七味さんはかけたがる
ベル
第1話「隣の席のOLさんが、何にでも七味をかける件について」
会社の昼休み。俺はコンビニで買った弁当を机に広げ、ふう、と小さく息をついた。
隣の席のOLさん――通称「七味さん」も、静かに自分の弁当を広げている。
名前はたしか……えっと、佐原さん。
でも部署ではほとんどの人が彼女のことを「七味さん」と呼ぶ。

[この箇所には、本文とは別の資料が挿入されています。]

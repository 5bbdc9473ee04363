ghost use Rattle.std.specs.Prelude.{◌≡◌, ◌≤◌, ◌<◌, ◌*◌, true, length, OnOk, IfOk};
ghost use Rattle.std.specs.List.{repeat};
ghost use Rattle.asm_text.specs.Known as known;
ghost use Rattle.asm_text.specs.Refusals as refusals;
ghost use Rattle.asm_text.specs.Said as want;

use crate::assembler::Assembler;
use crate::refusals::is_text;
use std::alloc::{AllocError, Global};

/// `nop`, the lowest byte first.
const NOP: [u8; 4] = [0x13, 0, 0, 0];

/// `R_RISCV_ALIGN`.
const ALIGN: u32 = 43;

/// So many times `nop`.
fn nops(alloc: Global, n: usize) -> Result<Vec<u8>, AllocError>
    ensures exact { IfOk result (λ bytes. bytes.items ≡ repeat n want.nop) }
    ensures len { IfOk result (λ bytes. length bytes.items ≡ n * 4) }
{
    NOP.repeat(alloc, n)
}

impl<'a> Assembler<'a> {
    /// The bytes of `.balign`: instructions in text, zeros elsewhere.
    fn put_padding(&mut self, n: u64) -> Result<(), AllocError>
        requires { refusals.takes_padding n self.old ≡ true }
        ensures { OnOk result (self.new ≡ want.here (want.padding_bytes n self.old) self.old) }
    {
        if !is_text(self.sections.current_kind()) {
            return self.sections.put_zeros(n);
        }
        let bytes = nops(self.alloc, n as usize / 4)?;
        self.sections.put_bytes(&bytes)
    }

    /// Where the linker may relax, ALIGN marks the padding.
    fn mark_padding(&mut self, n: u64) -> Result<(), AllocError>
        requires { n ≤ 4096 }
        ensures known { OnOk result (self.new ≡ want.marked_padding n self.old) }
        ensures size { OnOk result (known.size_here self.new ≡ known.size_here self.old) }
        ensures kind { OnOk result (known.kind_here self.new ≡ known.kind_here self.old) }
    {
        if is_text(self.sections.current_kind()) && self.relax {
            self.sections.put_patch(ALIGN, None, n as i64, false)?;
        }
        Ok(())
    }

    #[tactic(auto, unfolding(crate::specs::Said::padded))]
    fn pad(&mut self, n: u64) -> Result<(), AllocError>
        requires small { n ≤ 4096 }
        requires room { refusals.takes_padding n self.old ≡ true }
        ensures { OnOk result (self.new ≡ want.padded n self.old) }
    {
        if n == 0 {
            return Ok(());
        }
        self.mark_padding(n)?;
        self.put_padding(n)
    }

    /// `.balign`
    pub fn put_align(&mut self, align: u64) -> Result<(), AllocError>
        requires positive { 0 < align }
        requires small { align ≤ 4096 }
        requires room { refusals.takes_padding (refusals.padding align self.old) self.old ≡ true }
        ensures { OnOk result (self.new ≡ want.aligned_next align self.old) }
    {
        let n = self.padding(align);
        self.pad(n)?;
        self.sections.raise(align);
        Ok(())
    }
}
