//! What the lines of an assembly text say, one after the other, up to the first that is refused (GNU as;
//! RISC-V Assembly Programmer's Manual).
//!
//! Contracts see an `Assembler` as the record `Known` of `specs/Known`: the symbols, the sections in the
//! making, and whether the linker may relax. `specs/Refusals` has which lines are refused for what stands
//! before them, `specs/Said` what a good line says, and `specs/Texts` the lines of a text. Branches that
//! are filled in are judged later, when all labels are known. Read `asm_lines` first for what one line is
//! by itself, and `asm_state` for symbols and sections.
#![tactic(auto)]

mod assembler;
mod items;
mod lines;
mod padding;
mod reading;
mod refusals;
mod said;
mod statements;
mod texts;

pub use assembler::Assembler;
pub use reading::{BadLine, Reading, read_text};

もちろん、あだ名だ。
なぜかというと――彼女はどんな料理にも七味唐辛子をかけるからだ。
今日の彼女のランチは、和風ハンバーグ弁当。
「え、それにもかけるんですか?」
思わず声が出てしまった。
「うん」
佐原さんはクールな顔でうなずきながら、マイ七味を取り出した。
それは、市販のものでは見かけたことのない、小瓶に入ったこだわりの七味だった。
俺はその見慣れないラベルに目を奪われながら、つい口を開く。
「いつも、かけてますよね。七味」
「そうだね。だいたい、毎日」
「なんでそんなに七味が好きなんですか?」
彼女は七味をふりかけながら、小さく笑った気がした。
「なんでだろう。母親の影響かも。……子どもの頃から、七味の味がすると安心するんだよね」
七味で安心……?
俺の頭の中には、辛いもの=刺激というイメージしかないので、ちょっと意外だった。
「田中くんは、辛いの苦手そうだね」
「えっ、そんなこと……あります」
うっかり正直に答えてしまった。
佐原さんは特に何も言わず、淡々と七味のかかったハンバーグを口に運んだ。
その瞬間、ほんの少しだけ、彼女の表情がゆるんだ気がした。
ふわっと微笑んだような、気のせいだったような。
クールな彼女が、七味をかけた料理を食べるときだけ、ちょっと幸せそうな顔をする――
そんなことに気づいたのは、俺だけかもしれない。
その日を境に、俺は昼休みに彼女の食事が少し気になるようになってしまった。